In about 7 weeks the City of Austin and Travis County will each have to finalize their Fiscal Year 2016 budgets that will take effect on October 1st. For the past several years, citizens throughout the area have been clamoring for major steps toward affordability. Today I am calling upon City and County officials to make some decisions on what affordability measures and proposals they will include in their new budgets, and to make a public announcement telling the citizens what their affordability plans are. As I have said many times in public presentations – the time for talking about affordability is behind us. The time for action is now.

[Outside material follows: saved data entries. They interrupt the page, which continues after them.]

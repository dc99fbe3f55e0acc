//! What a list or a text holds after one item is put into it.
use crate::card_words::slots_text;
use crate::event_words::{event_text, kind_of};
use crate::setup_words::setup_of;
use chip_ledger::Seat;
use first_fault::Text;
use hand_canon::{Moves, Notes, Places, Record, Records, Stated};
use play_event::{Act, Event, Kind, Move, Place, Rules, Script, Setup};
use std::alloc::{AllocError, Global};

/// What the lists hold: a script with the row's event, places with the first card that it deals,
/// moves with a fold, and records with the row's setup and such a script.
pub fn pushed(alloc: Global, row: &str) -> Result<Option<String>, AllocError> {
    let Some((start, event)) = row.split_once(": ") else {
        return Ok(None);
    };
    let (Some((setup, rules)), Some(kind)) = (setup_of(start), kind_of(event)) else {
        return Ok(None);
    };
    let script = script_with(alloc, kind)?;
    let places = places_with(alloc, kind)?;
    let moves = moves_with(alloc)?;
    let records = records_with(alloc, setup, rules, kind)?;
    Ok(Some(format!(in alloc; "{script}; {places}; {moves}; {records}")?))
}

fn script_with(alloc: Global, kind: Kind) -> Result<String, AllocError> {
    let mut script = Script::new(alloc);
    match script.push(Event { at: 1, kind }) {
        Ok(()) => {
            let count = script.len();
            let event = event_text(alloc, &script.get(0).kind)?;
            format!(in alloc; "{count} event, {event}")
        }
        Err(_) => Err(AllocError),
    }
}

// The first card of a deal, as a card of the first street.
fn places_with(alloc: Global, kind: Kind) -> Result<String, AllocError> {
    let Kind::Hole { seat, cards } = kind else {
        return String::from_str(alloc, "no place");
    };
    let mut places = Places::new(alloc);
    let place = Place {
        owner: Some(seat),
        street: 1,
        slot: cards.slots[0],
        gone: 0,
    };
    match places.push(place) {
        Ok(()) => {
            let count = places.len();
            let slot = slots_text(alloc, &[places.get(0).slot])?;
            format!(in alloc; "{count} place, {slot}")
        }
        Err(_) => Err(AllocError),
    }
}

fn moves_with(alloc: Global) -> Result<String, AllocError> {
    let mut moves = Moves::new(alloc);
    let fold = Move {
        street: 1,
        seat: Seat { number: 3 },
        act: Act::Fold,
        from: 0,
        to: 0,
        price: 2,
        closed: false,
        unit_to: 0,
    };
    match moves.push(fold) {
        Ok(()) => {
            let count = moves.len();
            let moved = moves.get(0);
            let (act, seat) = (moved.act, moved.seat.number);
            format!(in alloc; "{count} move, {act:?} {seat}")
        }
        Err(_) => Err(AllocError),
    }
}

fn records_with(
    alloc: Global,
    setup: Setup,
    rules: Rules,
    kind: Kind,
) -> Result<String, AllocError> {
    let mut script = Script::new(alloc);
    match script.push(Event { at: 1, kind }) {
        Ok(()) => {}
        Err(_) => return Err(AllocError),
    }
    let record = Record {
        setup,
        rules,
        script,
        stated: Stated::nothing(),
        notes: Notes::none(),
    };
    let mut records = Records::new(alloc);
    match records.push(record) {
        Ok(()) => {
            let count = records.len();
            let record = records.get(0);
            let code = record.setup.code.text();
            let events = record.script.len();
            format!(in alloc; "{count} record, {code} with {events} event")
        }
        Err(_) => Err(AllocError),
    }
}

/// A copy of the row's text.
pub fn copied(alloc: Global, row: &str) -> Result<Option<String>, AllocError> {
    match Text::new(alloc, row) {
        Ok(text) => Ok(Some(String::from_str(alloc, text.as_str())?)),
        Err(_) => Err(AllocError),
    }
}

The Austin American-Statesman has repeatedly editorialized on the need to slow down the growth of the City Budget in particular. Austin’s downtown has added countless high rise buildings that should be adding to the tax base and making it easier to pay for expanding City Services. The same is true for neighborhoods all over town that have seen gigantic new resort-style apartment structures that take up a full block. Traditional neighborhoods in all parts of Austin have seen older homes scraped off and replaced with expensive luxury housing.

So that leaves us with a fundamental question. Where is all the increased tax revenue from all of those high-priced new buildings going? Why are our property taxes continuing to rise so rapidly that people are being priced out of their homes?

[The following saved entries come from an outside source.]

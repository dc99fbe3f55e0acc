//! Cards and unknown cards as text, such as `2c??`; `-` means none.
use card_set::{Card, Slot, slot_text};
use std::alloc::{AllocError, Global};

/// The cards of a row whose cards may be unknown.
pub fn slots_text(alloc: Global, slots: &[Slot]) -> Result<String, AllocError> {
    let mut text = String::new(alloc);
    if slots.is_empty() {
        text.push_str("-")?;
    }
    for slot in slots {
        push_slot(&mut text, *slot)?;
    }
    Ok(text)
}

/// The cards of a row.
pub fn cards_text(alloc: Global, cards: &[Card]) -> Result<String, AllocError> {
    let mut text = String::new(alloc);
    if cards.is_empty() {
        text.push_str("-")?;
    }
    for card in cards {
        push_slot(&mut text, Slot::Known(*card))?;
    }
    Ok(text)
}

fn push_slot(text: &mut String, slot: Slot) -> Result<(), AllocError> {
    let [rank, suit] = slot_text(slot);
    text.push(char::from(rank))?;
    text.push(char::from(suit))
}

What Is the Bottom Line On the Growth of the City and County Budgets?

What you are about to see is not a pretty picture. Notice the rapid increases in the general fund in both of these budgets. That is the fund that is paid for with property taxes, sales taxes and some of the fees

City of Austin
  2010 2015 % Increase
General Fund $614,915,000 $854,040,000 38.9%
Total Budget $2,747,105,000 $3,493,973,000 27.2%

Travis County
  2010 2015 % Increase
General Fund $455,661,280 $650,897,476 42.8%
Total Budget $655,140,525 $910,988,941 39.1%

Has Affordability Been Addressed In These Past Budgets?

You will find that word sprinkled quite liberally throughout the current FY 2015 City Budget. In fact, in Volume 1, it graces the pages no less than 29 times. On Page A-8 within City Manager Marc Ott’s cover letter, he issues the following pronouncement with italics included:

“Carefully balances the service demands of a growing community with ongoing concerns over affordability by proposing a full penny decrease in the tax rate.”

That statement contrasts with the opening sentence on the very first page of the Budget:

“This budget will raise more revenue from property taxes than last year’s budget by an amount of $29,970,162, which is a 6.7 percent increase from last year’s budget. The property tax revenue to be raised from new property added to the tax roll this year is $8,375,296.”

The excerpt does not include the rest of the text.